Harlem Development-Apollo - news article
Oft-delayed Harlem development breathes new life
By Steve Cuozzo 
More than a decade since a dream was born for Harlem’s derelict Victoria Theater site, a new future at 233 W. 125th St. is really, truly, at hand.
The $178 million, mixed-use project atop the theater’s famous facade is expected to open by spring 2019. The 1917 Victoria served as a vaudeville house and later as a cinema until it closed in 1989. It’s been shuttered ever since — a blight on the block that’s home to the Apollo Theater and to a retail boom.
Now, “we have all our financing and permits in place,” said Exact Capital managing partner Craig Livingston. Exact Capital, which owns 30-odd Harlem and Bronx properties, is part of a joint-venture development team that includes the hotel-happy Lam Group and Danforth Development, a local firm led by Steven C. Williams.
Livingston and Jeff Lam, a son of Lam Group founder John Lam, sounded exultant that the 26-story tower between Adam Clayton Powell and Frederick Douglass boulevards is at last coming out of the ground. The 400,000-square-foot structure will have 191 mixed-income rental apartments; a 210-room Marriott Renaissance hotel; about 25,000 square feet of retail; and another 25,000 square feet of cultural and arts space.

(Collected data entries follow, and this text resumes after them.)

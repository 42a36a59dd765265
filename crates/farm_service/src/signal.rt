//! When workers rest, and when they end.
use farm_pool::Gate;
use std::cell::Cell;
use std::sync::{Condvar, Mutex, Wait};
use std::time::{Clock, Duration};

/// In milliseconds. A take that failed for want of memory is tried again after this rest.
const LONGEST_REST: u64 = 1000;

#[derive(Drop)]
struct SignalState {
    signals: u64,
    /// Connections that are still to come or to end.
    left: u64,
}

/// A `WorkSignal` is what sessions give when a job may wait. Workers that find no turn rest until it
/// is given, and end once no connection is left.
#[derive(Drop)]
pub(crate) struct WorkSignal {
    state: Mutex<SignalState>,
    changed: Condvar,
}

impl WorkSignal {
    pub(crate) fn new(connections: u64) -> WorkSignal {
        WorkSignal {
            state: Mutex::new(SignalState {
                signals: 0,
                left: connections,
            }),
            changed: Condvar::new(),
        }
    }

    pub(crate) fn notify<R: Wait>(&self, rt: &R) {
        let mut state = self.state.lock(rt);
        state.signals = state.signals.wrapping_add(1);
        drop(state);
        self.changed.notify_one();
    }

    /// `connections` have ended, or will not come.
    pub(crate) fn leave<R: Wait>(&self, rt: &R, connections: u64) {
        let mut state = self.state.lock(rt);
        state.left = state.left.saturating_sub(connections);
        drop(state);
        self.changed.notify_all();
    }
}

/// A `WorkerGate` is one worker's gate: the worker rests until the signal.
#[derive(Drop)]
pub(crate) struct WorkerGate<'a, R> {
    rt: &'a R,
    signal: &'a WorkSignal,
    /// The count of signals when the worker last looked.
    seen: Cell<u64>,
}

impl<'a, R> WorkerGate<'a, R> {
    pub(crate) fn new(rt: &'a R, signal: &'a WorkSignal) -> WorkerGate<'a, R> {
        WorkerGate {
            rt,
            signal,
            seen: Cell::new(0),
        }
    }
}

impl<'a, R: Wait + Clock> Gate for WorkerGate<'a, R> {
    fn before(&self, _tenant: u32, _seq: u64) {}

    fn after(&self, _tenant: u32, _seq: u64) {}

    fn idle(&self) -> bool {
        let state = self.signal.state.lock(self.rt);
        let seen = self.seen.get();
        let rest = Duration::from_millis(LONGEST_REST);
        let is_quiet = |state: &mut SignalState| state.left > 0 && state.signals == seen;
        let (state, _) = self
            .signal
            .changed
            .wait_timeout_while(self.rt, state, rest, is_quiet);
        self.seen.set(state.signals);
        state.left > 0
    }
}

/// A `StopWhenIdle` is a gate that lets no worker rest: work ends once there is no turn to take.
pub(crate) struct StopWhenIdle;

impl Gate for StopWhenIdle {
    fn before(&self, _tenant: u32, _seq: u64) {}

    fn after(&self, _tenant: u32, _seq: u64) {}

    fn idle(&self) -> bool {
        false
    }
}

It’s part of the “huge transformation happening on 125th Street,” Harlem’s historic main shopping drag, Livingston said. What Realty Check previously called a “whirlwind” includes Jeff Sutton’s Whole Foods-anchored retail building at Lenox Avenue; new developments soon on sites owned by the Durst Organization and Extell; and the planned enlargement of the Studio Museum in Harlem designed by architect David Adjaye.